Let $G$ be a locally compact group. A mean $M$ on $L^{\infty}(G)$ is a continuous linear functional on $L^{\infty}(G)$ such that $1 = \langle 1 , M\rangle = \|M\|$.
My Exercise: Show that the set $\{f\in L^{1}(G): f\geq 0, \|f\|_{1}=1\}$ is weak-$*$ dense in the set of means on $L^{\infty}(G)$.
The text has already proven that if we assume that for a mean $M$ on $L^{\infty}(G)$, we have $\langle \phi, M\rangle \geq 0$ for every $\phi\geq 0$.
By Goldstine's theorem, $(L^{1}(G))_{1}:=\{f\in L^{1}(G): \|f\|_{1}\leq 1\}$ is weak-$*$ dense in $(L^{\infty}(G)^{*})_{1}$.
Therefore I can choose a net $(f_{\alpha})$ in $L^{1}(G)$, with $\|f_{\alpha}\|_{1}\leq 1$ such that $\langle \phi, f_{\alpha}\rangle\to \langle\phi, M\rangle$.
I'm trying to show that the $f_{\alpha}$ can be chosen to be non-negative of norm $1$.
Intuitively, I just replace $f_{\alpha}$ with $g_{\alpha}(y):= \begin{cases}f_{\alpha}(y) & \text{ if }f_{\alpha}(y)\geq 0\\0 &\text{ otherwise}\end{cases}$, and then normalize them by setting $h_{\alpha} := \begin{cases}\frac{1}{\|g_{\alpha}\|}g_{\alpha} &\text{ if }g_{\alpha}\neq 0\\0&\text{ otherwise.}\end{cases}$.

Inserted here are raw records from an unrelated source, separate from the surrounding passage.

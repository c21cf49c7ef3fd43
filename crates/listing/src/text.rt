// A text being written into lent bytes, word after word. Each contract says too that the text still holds the bytes that were lent (`same`): only so
// does the lender learn what they hold in the end. Numbers are put by hand, since `write!` says what it wrote only of a String, which needs the heap.
ghost use Rattle.std.specs.Prelude.{◌≡◌};
ghost use Rattle.format.specs.Listing.{decimal_in, decimal, refusal};
ghost use Rattle.format.specs.Answers.{refusal_number};
ghost use Rattle.listing.specs.Wrote.{Room, Wrote, field, three};

use format::Refusal;

// The words so far end before place `end`.
#[derive(Drop)]
pub struct Text<'a> {
    pub bytes: &'a mut [u8],
    pub end: usize,
}

impl Text<'_> {
    // Puts the bytes of a word.
    pub fn put(&mut self, word: &[u8])
        requires { Room self.old.bytes.now self.old.end word.now }
        ensures wrote { Wrote self.old.bytes.now self.old.end word.now self.new.end self.new.bytes.now }
        ensures same { self.new.bytes.ghost_name ≡ self.old.bytes.ghost_name }
    {
        let end = self.end + word.len();
        self.bytes[self.end..end].copy_from_slice(word);
        self.end = end;
    }

    // Puts a number in decimal, of at most `most` digits: its last digit behind the others.
    fn put_digits(&mut self, x: usize, most: usize)
        requires { Room self.old.bytes.now self.old.end (decimal_in most x) }
        ensures wrote { Wrote self.old.bytes.now self.old.end (decimal_in most x) self.new.end self.new.bytes.now }
        ensures same { self.new.bytes.ghost_name ≡ self.old.bytes.ghost_name }
    {
        if most == 0 {
            return;
        }
        if 10 <= x {
            self.put_digits(x / 10, most - 1);
        }
        let digit = (x % 10) as u8;
        self.put(&[b'0' + digit]);
    }

    // Puts a number in decimal.
    pub fn put_decimal(&mut self, x: usize)
        requires { Room self.old.bytes.now self.old.end (decimal x) }
        ensures wrote { Wrote self.old.bytes.now self.old.end (decimal x) self.new.end self.new.bytes.now }
        ensures same { self.new.bytes.ghost_name ≡ self.old.bytes.ghost_name }
    {
        self.put_digits(x, 10);
    }

    // Puts a word, and a number in decimal.
    pub fn put_field(&mut self, word: &[u8], x: usize)
        requires { Room self.old.bytes.now self.old.end (field word.now x) }
        ensures wrote { Wrote self.old.bytes.now self.old.end (field word.now x) self.new.end self.new.bytes.now }
        ensures same { self.new.bytes.ghost_name ≡ self.old.bytes.ghost_name }
    {
        self.put(word);
        self.put_decimal(x);
    }

    // Puts three words, each with a number.
    pub fn put_three(&mut self, a: &[u8], x: usize, b: &[u8], y: usize, c: &[u8], z: usize)
        requires { Room self.old.bytes.now self.old.end (three a.now x b.now y c.now z) }
        ensures wrote { Wrote self.old.bytes.now self.old.end (three a.now x b.now y c.now z) self.new.end self.new.bytes.now }
        ensures same { self.new.bytes.ghost_name ≡ self.old.bytes.ghost_name }
    {
        self.put_field(a, x);
        self.put_field(b, y);
        self.put_field(c, z);
    }

    // Puts the line of a refusal.
    pub fn put_refusal(&mut self, f: Refusal)
        requires { Room self.old.bytes.now self.old.end (refusal (refusal_number f)) }
        ensures wrote { Wrote self.old.bytes.now self.old.end (refusal (refusal_number f)) self.new.end self.new.bytes.now }
        ensures same { self.new.bytes.ghost_name ≡ self.old.bytes.ghost_name }
    {
        let code = u32::from(f);
        self.put_field(b"refused ", code as usize);
        self.put(b"\n");
    }
}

It is immediate that $h_{\alpha}$'s are non-negative of norm $1$ (if we throw away the ones which are $0$). But it feels like I've lost weak-$*$ convergence to $M$.
I try to compute, for any $\phi\in L^{\infty}(G)$, \begin{align*} \left|\lim_{\alpha} \langle \phi,h_{\alpha}\rangle - \langle \phi, M\rangle\right| &= \left|\lim_{\alpha} \langle \phi,h_{\alpha}\rangle - \lim_{\alpha}\langle \phi, f_{\alpha}\rangle\right|\\ &= \lim_{\alpha}\left| \langle \phi,h_{\alpha}\rangle - \langle \phi, f_{\alpha}\rangle\right|\\ &\leq \lim_{\alpha}\|\phi\|\int_{G}|f_{\alpha} - h_{\alpha}|d\mu\\ &= \|\phi\|\cdot\lim_{\alpha}\|f_{\alpha} - h_{\alpha}\|_{1} \end{align*} where $\mu$ is a left Haar measure on $G$.
I would be done if I could show $\lim_{\alpha}\|h_{\alpha} - f_{\alpha}\|_{1} = 0$, but all of my attempts failed, and I suspect it may not be true.
I realize now it is best to view $f_{\alpha}$ as a linear combination of four elements of the positive cone of $(L^{\infty}(G))^{*}$, and replace each $f_{\alpha}$ with its positive real part, which must only converge faster to $M$ since $M$ is positive. Then normalizing each element doesn't harm anything and the problem is solved.
I noticed a problem with my earlier logic: I assumed each $f_{\alpha}$ was real valued without even asking them to be.